Methods: Between January and October 2024, 300 hospitalized patients with VTE were recruited at the Sixth Medical Center of the Chinese PLA General Hospital. Post discharge, participants used a home rehabilitation app tailored for VTE management. The QR code-based security transmission algorithm was developed to securely transfer in-hospital electronic health records to the out-of-hospital app. It uses BPE, Avro, and Gzip for optimized data compression and uses ChaCha20 and BLAKE3 for encryption and authentication. Specifically, BPE tokenizes medical text, while Avro serializes JSON (JavaScript Object Notation) objects, contributing to data encryption. A proprietary tokenizer was trained, and compression efficiency was evaluated using a "Performance Benchmark Dataset." Comparative analyses were conducted to assess the compression efficiency of JSON serialization methods (Avro and ASN.1 [Abstract Syntax Notation One]), and tokenization algorithms (BPE and unigram).

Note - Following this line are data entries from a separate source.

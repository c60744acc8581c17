ghost use Rattle.std.specs.Prelude.{◌≡◌, ◌≤◌, ◌↔◌, Some, IsSome, IfSome, Contains};
ghost use Rattle.table_schema.specs.CodedIndexes.{tables_of};
ghost use Rattle.metadata.specs.Metadata.{Metadata, rows_of, row_of, count_in};
ghost use Rattle.metadata.specs.Lookups.{HasRow};
ghost use Rattle.owned_model.specs.RowsLeft.{rows_between};

use crate::valid_model::Model;
use crate::{ReadRows, Records};
use table_schema::{TableId, Token};
use type_records::{CellRow, CodedRow, FromRow};

impl<'m> ReadRows<'m> for &'m Model {
    type Form = CellRow<'m>;

    ghost shows = { λ model other. model.now ≡ other };

    ghost row_count = { λ model table. count_in model.now table };

    fn holds_rows(&self) {}

    fn count_rows(&self, table: TableId) -> u32 {
        self.count(table)
    }

    fn row_at(&self, table: TableId, row: u32) -> CellRow<'m> {
        // The cells are those of a valid model.
        let _tables = self.tables();
        CellRow {
            cells: self.cells(table, row),
        }
    }
}

impl Model {
    /// The record of a row, counted from 1; `None` if the table has no such row.
    pub fn row<'m, R: FromRow<'m, CellRow<'m>>>(&'m self, row: u32) -> Option<R>
        ensures there { IsSome result ↔ HasRow self.now R.TABLE row }
        ensures fields { IfSome result (λ it. R.fields it ≡ row_of self.now R.TABLE row) }
    {
        crate::row(self, row)
    }

    /// The records of a table's rows, in order.
    pub fn rows<'m, R: FromRow<'m, CellRow<'m>>>(&'m self) -> Records<'m, &'m Model, R>
        ensures left { result ≡ record { source = self.entry; next = 1; last = count_in self.now R.TABLE } }
        // They are the rows of the table.
        ensures rows { rows_between self.now R.TABLE result.next result.last ≡ rows_of self.now R.TABLE }
    {
        crate::rows(self)
    }

    /// The record of the row that a token names, in the variant of its table; `None` if the coded index does
    /// not list that table (II.24.2.6), or the table has no such row.
    pub fn resolve<'m, R: CodedRow<'m, CellRow<'m>>>(&'m self, token: Token) -> Option<R>
        ensures there { IsSome result ↔ (Contains (tables_of R.CODED) (Some token.table) × HasRow self.now token.table token.row) }
        ensures table { IfSome result (λ it. R.table_of it ≡ token.table) }
        ensures fields { IfSome result (λ it. R.fields it ≡ row_of self.now token.table token.row) }
    {
        crate::resolve(self, token)
    }
}
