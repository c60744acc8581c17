ghost use Rattle.std.specs.Prelude.{◌≡◌, ◌≤◌};
ghost use Rattle.metadata.specs.Metadata.{Metadata};
ghost use Rattle.metadata.specs.Model.{IsModel};
ghost use Rattle.opening.specs.Views.{row_count as rows_of_root};

use crate::ref_row::RefRow;
use crate::row_values::cells_of;
use opening::View;
use table_schema::TableId;
use type_records::Row;

/// A reference to what holds the rows of one metadata. The parts of a row live as long as what it is read from.
pub trait ReadRows<'m> {
    ghost use Rattle.std.specs.Prelude.{◌≡◌, ◌≤◌, ℕ, List};
    ghost use Rattle.table_schema.specs.declared.table.TableId.{TableId as Table};
    ghost use Rattle.metadata.specs.Cell.{Cell as TheCell};
    ghost use Rattle.metadata.specs.Metadata.{Metadata, count_in, row_of};
    ghost use Rattle.type_records.specs.Kinds.{kinds_of};
    ghost use Rattle.type_records.specs.Shapes.{AreHeld, AreSaid};

    /// The form of its rows.
    type Form: Row<'m> + Drop;

    // It has the rows of this metadata.
    ghost shows: { Self → Metadata → Type 0 };

    // How many rows a table has.
    ghost row_count: { Self → Table → ℕ };

    /// The tables of the metadata that it shows have this number of rows. Nothing is done.
    fn holds_rows(&self)
        ensures { (model : Metadata) → shows self.now model → (table : Table) → count_in model table ≡ row_count self.now table };

    /// The number of rows of a table.
    fn count_rows(&self, table: TableId) -> u32
        ensures rows { result ≡ row_count self.now table }
        ensures limit { result ≤ 0xFFFFFF };

    /// A row, counted from 1, which exists.
    fn row_at(&self, table: TableId, row: u32) -> Self::Form
        requires first { 1 ≤ row }
        requires last { row ≤ row_count self.now table }
        // Its cells hold what the columns of the table hold.
        ensures held { AreHeld (Self.Form.holds result) 0 (kinds_of table) }
        // All that they say is the row.
        ensures complete { (model : Metadata) → shows self.now model → (cells : List TheCell)
            → AreSaid (Self.Form.says result) 0 (kinds_of table) cells → cells ≡ row_of model table row };
}

impl<'a> ReadRows<'a> for &View<'a> {
    type Form = RefRow<'a>;

    ghost shows = { λ view model. IsModel view.now model };

    ghost row_count = { λ view table. rows_of_root view.now table };

    fn holds_rows(&self) {
        metadata::laws::models_are_read();
    }

    fn count_rows(&self, table: TableId) -> u32 {
        self.count(table)
    }

    fn row_at(&self, table: TableId, row: u32) -> RefRow<'a> {
        cells_of(self, table, row)
    }
}
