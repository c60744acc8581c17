ghost use Rattle.owned_model.specs.RefRows.{HoldsAt, SaysAt};

use opening::{CellRef, TableId, Token};
use table_schema::SigKind;
use type_records::Row;

// What the value of a cell of a kind gives.
macro_rules! value_of {
    ($cell:expr, $kind:ident($value:ident) => $content:expr) => {
        match $cell {
            Some(CellRef::$kind($value)) => $content,
            _ => unreachable!(),
        }
    };
}

/// The cells of a row. They borrow from the bytes that were opened.
#[derive(Clone, Copy, Debug)]
pub struct RefRow<'a> {
    pub(crate) table: TableId,
    // The first values are the row's cells; nothing reads the values after them.
    pub(crate) values: [CellRef<'a>; 9],
}

impl<'a> Row<'a> for RefRow<'a> {
    type Signature = &'a [u8];

    ghost holds = { HoldsAt };

    ghost says = { SaysAt };

    fn number(&self, cell_index: usize) -> u32 {
        value_of!(self.values.get(cell_index), Number(number) => *number)
    }

    fn text(&self, cell_index: usize) -> &'a str {
        value_of!(self.values.get(cell_index), Text(text) => *text)
    }

    fn bytes(&self, cell_index: usize) -> &'a [u8] {
        value_of!(self.values.get(cell_index), Bytes(bytes) => *bytes)
    }

    fn guid(&self, cell_index: usize) -> Option<[u8; 16]> {
        value_of!(self.values.get(cell_index), Guid(guid) => *guid)
    }

    fn reference(&self, cell_index: usize) -> Option<Token> {
        value_of!(self.values.get(cell_index), Ref(reference) => *reference)
    }

    fn start(&self, cell_index: usize) -> u32 {
        value_of!(self.values.get(cell_index), Start(row) => *row)
    }

    fn signature(&self, cell_index: usize, _column: SigKind) -> &'a [u8] {
        value_of!(self.values.get(cell_index), Sig(blob) => *blob)
    }
}
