ghost use Rattle.std.specs.Prelude.{◌≡◌, ◌≤◌, [], IfOk, OnOk, length};
ghost use Rattle.table_schema.specs.declared.table.TableId.{TableId as Table};
ghost use Rattle.tables.specs.Said.{all_said};
ghost use Rattle.metadata.specs.Metadata.{Metadata, rows_of, row_of};
ghost use Rattle.metadata.specs.Model.{IsModel};
ghost use Rattle.opening.specs.Views.{row_count};
ghost use Rattle.owned_model.specs.Padded.{with_rows};

use crate::cell::load_cell;
use opening::View;
use std::alloc::{AllocError, Global};
use table_schema::{TableId, cell_count};
use tables::{Cell, Tables};

/// Loads the cells of a row.
fn load_row(alloc: Global, view: &View, table: TableId, row: u32) -> Result<Vec<Cell>, AllocError>
    requires first { 1 ≤ row }
    requires last { row ≤ row_count view.now table }
    ensures { (model : Metadata) → IsModel view.now model → IfOk result (λ cells. all_said cells.items ≡ row_of model table row) }
{
    metadata::laws::models_are_read();
    let count = cell_count(table);
    let mut cells = Vec::with_capacity(alloc, count)?;
    for column in 0..count {
        let cell = load_cell(alloc, view, table, row, column)?;
        cells.push(cell)?;
    }
    Ok(cells)
}

/// Adds the rows of a table to tables in which it has no rows.
fn load_rows(
    alloc: Global,
    view: &View,
    table: TableId,
    tables: &mut Tables,
) -> Result<(), AllocError>
    ensures { (model : Metadata) → IsModel view.now model → length tables.old.tables ≡ 38 → rows_of tables.old table ≡ []
        → OnOk result (tables.new ≡ with_rows tables.old table (rows_of model table)) }
{
    table_schema::laws::tables_stand();
    let count = view.count(table);
    tables.reserve(table, count as usize)?;
    for row in 0..count {
        let cells = load_row(alloc, view, table, row + 1)?;
        let Ok(()) = tables.push(table, cells) else {
            return Err(AllocError);
        };
    }
    Ok(())
}

/// Adds the rows of all tables to tables without rows.
pub fn load_tables(alloc: Global, view: &View, tables: &mut Tables) -> Result<(), AllocError>
    requires tables { length tables.old.tables ≡ 38 }
    requires empty { (table : Table) → rows_of tables.old table ≡ [] }
    ensures { (model : Metadata) → IsModel view.now model → OnOk result (tables.new ≡ record tables.old { tables = model.tables }) }
{
    metadata::laws::models_are_read();
    table_schema::laws::tables_stand();
    for table in TableId::all() {
        load_rows(alloc, view, *table, tables)?;
    }
    Ok(())
}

Results: The dataset consisted of JSON files from 300 patients, averaging 240.1 fields per file (range 89-623) and 7095 bytes in size (range 2748-17,425 bytes). Using the BPE + Avro + Gzip algorithm, the average file size was reduced to 1048 bytes, achieving a compression ratio of 6.67. This was 1.82 times more efficient than traditional Gzip compression (average file size: 1907 bytes; compression ratio: 3.66; P<.001). For Chinese medical text tokenization, BPE outperformed unigram with a compression ratio of 4.68 versus 4.55 (P<.001). Avro and ASN.1 demonstrated comparable compression ratios of 2.57 and 2.59, respectively, when used alone (P=.30). However, Avro combined with BPE and Gzip significantly outperformed ASN.1, achieving compression ratios of 6.67 versus 5.21 (P<.001). Additionally, 84.7% (254/300) of patients needed to scan only 1 QR code, requiring an average of 3.1 seconds.
Conclusions: The QR code-based security transmission algorithm using Avro and BPE efficiently compresses and transmits data in an encrypted manner and authenticates the identity of the scanning users, ensuring the privacy and security of medical data. Delivered as a software development kit, the algorithm offers straightforward implementation and usability, supporting its broad adoption across various applications.